La verdad es que temo por momentos convertirme en un asiduo renovador de teléfonos portátiles. Y es que, ante la avalancha de campañas publicitarias, diseños estéticos y argumentos mediáticos, una tienda de estos artículos se convierte en una envolvente tentación.
Llegar a uno de estos establecimientos es convertir el juicio en duda y la objetividad en una pasión ligera que arrastra la voluntad por unas vitrinas de exhibición correctamente ordenadas de tal manera, que los ojos van de arriba abajo y de izquierda a derecha, para finalmente terminar observando en círculos mientras se hace una exhaustiva comparación mental entre la capacidad de la cámara fotográfica y de video, el tipo de conexión, el bluetooth, los jueguitos, el tamaño de la pantalla, la memoria interna y en general todos aquellos atributos que con certeza no puedo seguir mencionando, pero que seguramente usted mi querido lector tiene en mente.
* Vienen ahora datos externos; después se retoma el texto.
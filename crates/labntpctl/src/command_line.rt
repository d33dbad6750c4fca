//! Reads the words of the command line.

use crate::appending::Manner;
use crate::applying::Application;
use crate::changing::{Change, ChangeRequest, KeyRequest};
use crate::checking::Checked;
use crate::customers::Listing;
use crate::desk::ANY;
use crate::door::Place;
use clap::builder::ValueParser;
use clap::error::ErrorKind;
use clap::parser::ValueSource;
use clap::{Arg, ArgAction, ArgMatches, Command, Error};
use labntpd_files::command_line::VERSION;
use labntpd_files::{KeyLines, is_name};
use ntp_admin::words;
use ntp_mac::Algorithm;
use ntp_query::{Server, server_in};
use ntp_service::Address;
use std::alloc::{AllocError, Global};
use std::num::{self, NonZero};

/// The configuration file where none is named: that of the Debian package.
const USUAL_CONFIG: &str = "/etc/labntp/labntpd.toml";

/// The end of the help.
const AFTER_HELP: &str = "\
The customers stand in the commands file of labntpd. Each change appends lines to it, which labntpd carries out shortly after. \
No key is shown: keys stand in that file, in files for customers and in files of `export`, which their owners alone may read.

Examples:
  labntpctl enrol 192.0.2.10 --name 'PTB, clock 2' --server 198.51.100.1
  labntpctl apply customers.toml
  labntpctl door | nft -f -

Exit status: 0 done; 1 refused, or a file has a fault, or customers differ; 2 other words; 3 no answer came in time, or a file \
failed; 4 want of memory.";

/// The work that a command line asks for.
#[derive(Clone, Copy)]
pub enum Task<'a> {
    /// Finds every fault of files.
    Check(Checked<'a>),
    /// Lists customers, those of a commands file in the place of the configuration where one is named.
    List(Option<&'a str>, Listing),
    /// Prints the differences between labntpd's customers and those of the commands file.
    Compare,
    /// Explains what a datagram from an address would get, by its hexadecimal digits, or those of the capture file at a path.
    Explain(&'a str, Option<Address>),
    /// Prints the rules by which the kernel polices the door, with this rate for each customer.
    Door(Place, NonZero<u16>),
    /// Changes one customer.
    Change(ChangeRequest<'a>),
    /// Changes the customers into those of a file.
    Apply(Application<'a>),
    /// Writes the customers into a new file, or to standard output.
    Export(Option<&'a str>, KeyLines),
    /// Writes the commands file anew in fewer lines, or, where true, only prints how long it would be.
    Fold(bool),
}

/// Reads the path of the configuration file, and the work, from words. The error may be a request for the help or the version.
pub fn parse<'a>(alloc: Global, words: &'a [String]) -> Result<(&'a str, Task<'a>), Error> {
    let asked = asked_in(&command(alloc)?.try_get_matches_from(words)?);
    match asked {
        Ok(asked) => Ok(asked),
        Err(message) => { Err(command(alloc)?.error(ErrorKind::ValueValidation, message)?) }
    }
}

// Returns what the matches ask for, or what is wrong with them.
fn asked_in<'a>(matches: &ArgMatches<'a>) -> Result<(&'a str, Task<'a>), &'static str> {
    let (name, matches) = matches.subcommand().ok_or("a command is wanted")?;
    let task = match name {
        "check" => Task::Check((matches.get_str("COMMANDS"), matches.get_str("wanted"))),
        "customers" if matches.get_flag("compare") => Task::Compare,
        "customers" => listing_in(matches)?,
        "explain" => explained_in(matches)?,
        "door" => {
            let rate = number_in(matches, "rate").ok_or("--rate N is missing")?;
            Task::Door(place_in(matches)?, rate)
        }
        "apply" => Task::Apply(Application {
            path: matches.get_str("FILE").ok_or("FILE is missing")?,
            asks: !matches.get_flag("yes"),
            ends_many: matches.get_flag("end-many"),
            manner: manner_in(matches)?,
        }),
        "export" => Task::Export(matches.get_str("FILE"), keys_in(matches)?),
        "fold" => Task::Fold(matches.get_flag("dry-run")),
        _ => Task::Change(ChangeRequest {
            address: address_in(matches, "ADDRESS")?,
            change: change_in(name, matches)?,
            manner: manner_in(matches)?,
        }),
    };
    Ok((matches.get_str("config").unwrap_or(USUAL_CONFIG), task))
}

// Returns which customers are listed.
fn listing_in<'a>(matches: &ArgMatches<'a>) -> Result<Task<'a>, &'static str> {
    let word = matches.get_str("ADDRESS|COMMANDS");
    let address = word.and_then(|word| words::address(word));
    let commands = word.filter(|_| address.is_none());
    if commands.is_some() && matches.value_source("config") == Some(ValueSource::CommandLine) {
        return Err("COMMANDS stands in the place of --config");
    }
    let json = matches.get_flag("json");
    Ok(Task::List(commands, Listing { address, json }))
}

// Returns the datagrams to be explained.
fn explained_in<'a>(matches: &ArgMatches<'a>) -> Result<Task<'a>, &'static str> {
    let (digits, from) = (matches.get_str("DATAGRAM"), matches.get_str("from"));
    match (digits, from, matches.get_str("pcap")) {
        (Some(digits), Some(from), None) => {
            let wanted = "--from: an IPv4 address, as 192.0.2.1, is wanted";
            Ok(Task::Explain(digits, Some(words::address(from).ok_or(wanted)?)))
        }
        (None, None, Some(path)) => Ok(Task::Explain(path, None)),
        _ => Err("either DATAGRAM and --from ADDRESS, or --pcap FILE is wanted"),
    }
}

// Returns where the rules apply, if the words say it.
fn place_in(matches: &ArgMatches<'_>) -> Result<Place, &'static str> {
    let Some(word) = matches.get_str("address") else {
        return Ok(None);
    };
    match server_in(word) {
        Some(Server { address, port }) if address != ANY => {
            Ok(Some((address, word.contains(':').then_some(port))))
        }
        _ => Err("--address: an IPv4 address of this host, with a port or without, is wanted"),
    }
}

// Returns whether keys are written.
fn keys_in(matches: &ArgMatches<'_>) -> Result<KeyLines, &'static str> {
    match matches.get_str("FILE") {
        _ if matches.get_flag("no-keys") => Ok(KeyLines::LeftOut),
        Some(_) => Ok(KeyLines::Written),
        None => Err("FILE, a new file for the keys, or --no-keys is wanted"),
    }
}

// Returns the address of a customer under a name.
fn address_in(matches: &ArgMatches<'_>, name: &str) -> Result<Address, &'static str> {
    let address = matches.get_str(name).and_then(|word| words::address(word));
    address.ok_or("ADDRESS: an IPv4 address, as 192.0.2.1, is wanted")
}

// Returns what becomes of the customer.
fn change_in<'a>(name: &str, matches: &ArgMatches<'a>) -> Result<Change<'a>, &'static str> {
    match name {
        "enrol" => Ok(Change::Enrol {
            budget: number_in(matches, "budget").ok_or("--budget N is missing")?,
            name: match matches.get_str("name") {
                Some(name) if !is_name(name) => {
                    return Err("--name TEXT: a line of 1 to 200 octets is wanted");
                }
                name => name,
            },
            key: key_request_in(matches)?,
        }),
        "name" => match matches.get_str("NAME") {
            Some(name) if is_name(name) => Ok(Change::Name(name)),
            _ => Err("NAME: a line of 1 to 200 octets is wanted"),
        },
        "move" => Ok(Change::Move(address_in(matches, "NEW")?)),
        "rollover" => Ok(Change::Rollover(key_request_in(matches)?)),
        "budget" => Ok(Change::Budget(number_in(matches, "N").ok_or("N is missing")?)),
        "retire" => Ok(Change::Retire {
            number: number_in(matches, "number"),
            asks: !matches.get_flag("yes"),
        }),
        _ => Ok(Change::Revoke),
    }
}

// Returns the key that a customer gets.
fn key_request_in<'a>(matches: &ArgMatches<'a>) -> Result<KeyRequest<'a>, &'static str> {
    let wanted = "--server: an IPv4 address, with a port or without, is wanted";
    let server = matches.get_str("server");
    let server = server.map(|word| server_in(word).ok_or(wanted));
    let (key_file, number) = (matches.get_str("key-file"), number_in(matches, "number"));
    if key_file.is_none() && number.is_some() {
        return Err("--number N is wanted with --key-file alone");
    }
    Ok(KeyRequest {
        algorithm: match matches.get_str("algorithm") {
            Some("md5") => Algorithm::Md5,
            _ => Algorithm::Sha1,
        },
        is_text: matches.get_flag("text-key"),
        key_file,
        number,
        output: matches.get_str("output"),
        server: server.transpose()?,
    })
}

// Returns the key number, the budget or the rate under a name.
fn number_in(matches: &ArgMatches<'_>, name: &str) -> Option<NonZero<u16>> {
    NonZero::<u16>::new(matches.get_one::<u16>(name)?)
}

// Returns how lines are appended.
fn manner_in<'a>(matches: &ArgMatches<'a>) -> Result<Manner<'a>, &'static str> {
    let seconds = matches.get_one::<f64>("wait").unwrap_or(0.0);
    if !(seconds >= 0.0 && seconds <= 60.0) {
        return Err("--wait S: 0 to 60 seconds are wanted");
    }
    Ok(Manner {
        dry_run: matches.get_flag("dry-run"),
        answers: matches.get_str("answers"),
        millis: num::saturating_f64_to_u64((seconds * 1_000.0).round()),
    })
}

// The commands that append lines; all but the last change one customer.
const APPENDING: &str = "enrol rollover retire revoke move budget name apply";

// Rows of texts.
macro_rules! rows {
    ($($($text:expr),+;)*) => { &[$(($($text),+)),*] };
}

// The commands, and what each does.
const COMMANDS: &[(&str, &str)] = rows! {
    "customers", "Lists the customers, and what differs at labntpd";
    "enrol", "Enrols an address with a key";
    "rollover", "Gives an address a key beside the one that it has";
    "retire", "Says when keys were last used, asks, and takes one of two";
    "revoke", "Ends an enrolment: the address is refused from now on";
    "move", "Gives a customer another address";
    "budget", "Gives an address another budget";
    "name", "Gives an address another name";
    "apply", "Makes the customers those of a file, once it has asked";
    "export", "Writes the customers as a file in TOML for `apply`";
    "fold", "Shortens the commands file, and keeps the old one";
    "check", "Prints each fault of the files, and what is hardly meant";
    "explain", "Says what a datagram would get, and why";
    "door", "Prints rules of nftables for what customers send";
};

// The arguments: the commands that take it, all where none is named; its usage; and its help.
const ARGUMENTS: &[(&str, &str, &str)] = rows! {
    "", "--config FILE", "The configuration file of labntpd";
    "customers", "[ADDRESS|COMMANDS]", "One customer; or a commands file, for --config";
    "customers", "--json", "Prints an object of JSON for each customer";
    "customers", "--compare", "Prints what differs at labntpd and in the file";
    "check", "[COMMANDS]", "A commands file, in the place of the configuration";
    "check", "--wanted FILE", "A file for `apply`, which is checked too";
    "explain", "[DATAGRAM]", "The octets of the UDP payload, in hexadecimal digits";
    "explain", "--from ADDRESS", "The IPv4 address from which it came";
    "explain", "--pcap FILE", "A pcap file: each UDP datagram to the port";
    "door", "--address ADDRESS[:PORT]", "[default: where labntpd listens, or `served_as`]";
    "door", "--rate N", "A customer's datagrams in a second; at once, twice as many";
    APPENDING, "--dry-run", "Only shows what would be done, without keys";
    APPENDING, "--answers FILE[,FILE..]", "The answers files of all processes";
    APPENDING, "--wait S", "How many seconds answers are waited for, 0 to 60";
    "apply", "<FILE>", "The file of customers in TOML, as `export` writes it";
    "apply", "--yes", "Does not ask first";
    "apply", "--end-many", "Lets more than a quarter of the enrolments end";
    "enrol rollover retire revoke move budget name", "<ADDRESS>", "The customer's IPv4 address";
    "enrol rollover", "--algorithm ALGORITHM", "What a random key is for";
    "enrol rollover", "--text-key", "Makes a key of 20 characters, for devices that take text";
    "enrol rollover", "--key-file FILE", "Takes the key from a key file of chrony";
    "enrol rollover", "--number N", "The key's number in that file";
    "enrol rollover", "--output FILE", "[default: ADDRESS-NUMBER.keys]";
    "enrol rollover", "--server ADDRESS[:PORT]", "[default: what the configuration says]";
    "enrol", "--budget N", "Signed queries that get the time in 64 seconds";
    "enrol", "--name TEXT", "Whose address it is: a comment of the commands file";
    "retire", "--number N", "The key's number [default: the older one's]";
    "retire", "--yes", "Does not ask first, nor look whether the other key is in use";
    "move", "<NEW>", "The IPv4 address in the place of ADDRESS";
    "budget", "<N>", "Signed queries that get the time in 64 seconds";
    "name", "<NAME>", "Whose address it is";
    "fold", "--dry-run", "Prints only how long the new file would be";
    "export", "[FILE]", "A new file, which its owner alone may read";
    "export", "--no-keys", "Leaves the keys out; without FILE, prints the rest";
};

// Builds the command line with its help.
fn command<'a>(alloc: Global) -> Result<Command<'a>, AllocError> {
    let mut command = Command::new(alloc, "labntpctl")
        .version(VERSION)
        .about("Keeps the customers of labntpd")
        .after_help(AFTER_HELP)
        .subcommand_required(true)
        .disable_help_subcommand(true);
    for (name, about) in COMMANDS {
        command = command.subcommand(subcommand(alloc, name, about)?)?;
    }
    Ok(command)
}

// Builds a command with its arguments.
fn subcommand<'a>(alloc: Global, name: &'a str, about: &'a str) -> Result<Command<'a>, AllocError> {
    let mut command = Command::new(alloc, name).about(about);
    for (commands, usage, help) in ARGUMENTS {
        if commands.is_empty() || commands.split(' ').any(|it| it == name) {
            command = command.arg(argument(alloc, usage, help)?)?;
        }
    }
    Ok(command)
}

// Builds an argument with this usage: an option, or a value that is wanted, or one that may be left out.
fn argument<'a>(alloc: Global, usage: &'a str, help: &'a str) -> Result<Arg<'a>, AllocError> {
    let (option, value) = usage.split_once(' ').unwrap_or((usage, ""));
    let name = option.trim_matches(['-', '<', '>', '[', ']']);
    let (parser, default, others) = limits_of(name);
    let is_wanted = option.starts_with('<');
    let arg = Arg::new(alloc, name).help(help).required(is_wanted);
    let arg = match (option.starts_with("--"), value) {
        (true, "") => arg.long(name).action(ArgAction::SetTrue),
        (true, value) => arg.long(name).value_name(value).value_parser(parser),
        (false, _) => arg.value_name(name).value_parser(parser),
    };
    arg.default_values(default).conflicts_with_all(others)
}

// Names or values of arguments.
type Texts = &'static [&'static str];

// Returns what values of an argument have to be, the value where it is left out, and the arguments that are not used with it.
fn limits_of(name: &str) -> (ValueParser<'static>, Texts, Texts) {
    let (text, number) = (ValueParser::String, ValueParser::Unsigned(1, 65_535));
    match name {
        "config" => (text, &[USUAL_CONFIG], &[]),
        "algorithm" => (ValueParser::Names(&["md5", "sha1"]), &["sha1"], &[]),
        "wait" => (ValueParser::Float, &["5"], &[]),
        "rate" => (number, &["200"], &[]),
        "budget" => (number, &["10"], &[]),
        "number" | "N" => (number, &[], &[]),
        "compare" => (text, &[], &["json", "ADDRESS|COMMANDS"]),
        "COMMANDS" => (text, &[], &["config"]),
        "key-file" => (text, &[], &["algorithm", "text-key"]),
        _ => (text, &[], &[]),
    }
}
Me declaro incompetente para manejar muchos de los nuevos modelos de teléfonos celulares que hoy cualquier puberto manipula con la misma habilidad de muchos de nosotros para quitarle la cáscara a una mandarina; pero por otra parte asumo mi papel de pupilo y me dejo enseñar por cualquier instructor que tenga la suficiente paciencia para ponerme al tanto sobre las nuevas utilidades –aunque algunas de ellas me sigan pareciendo inutilidades, si me permiten la palabra–, a fin de no quedarme atrás en esta necesaria actitud de correr tras los avances de la tecnología.
Hace poco escuché una nueva palabra, la cual por cierto todavía no está reconocida en el Diccionario de la Real Academia de la Lengua Española, pero que ya circula en el ámbito de los publicistas para describir a quienes tienen una apremiante necesidad de poseer las últimas novedades de los teléfonos celulares. Como neologismo, es posible que esta palabra desaparezca en el futuro sin mayor gloria ni desencanto si no llega a tener arraigo en el lenguaje cotidiano, pero tratándose de tecnología, es posible que perdure o se quede para siempre.
Al tecnópata lo distingue una manía por poseer el celular más avanzado con los implementos de última generación y tan pronto como un nuevo modelo sale al mercado hará lo que sea necesario para obtenerlo, dado que el actual se habrá convertido –desde una óptica personal– en un modelo terriblemente obsoleto.
Si usted como yo, es de lo que se resisten a cambiar su celular, ya sea por cariño, por flojera, por temor a la nueva tecnología, por practicidad o simplemente porque no se le da la gana, tiene aquí un nuevo argumento: “Discúlpame, pero yo no soy un tecnópata”. Termino: Un buen amigo me aconsejaba algún día, “sin prisas, pero sin pausas”. Persuado: ¿Que vamos a mejorar hoy? (Ora et labora).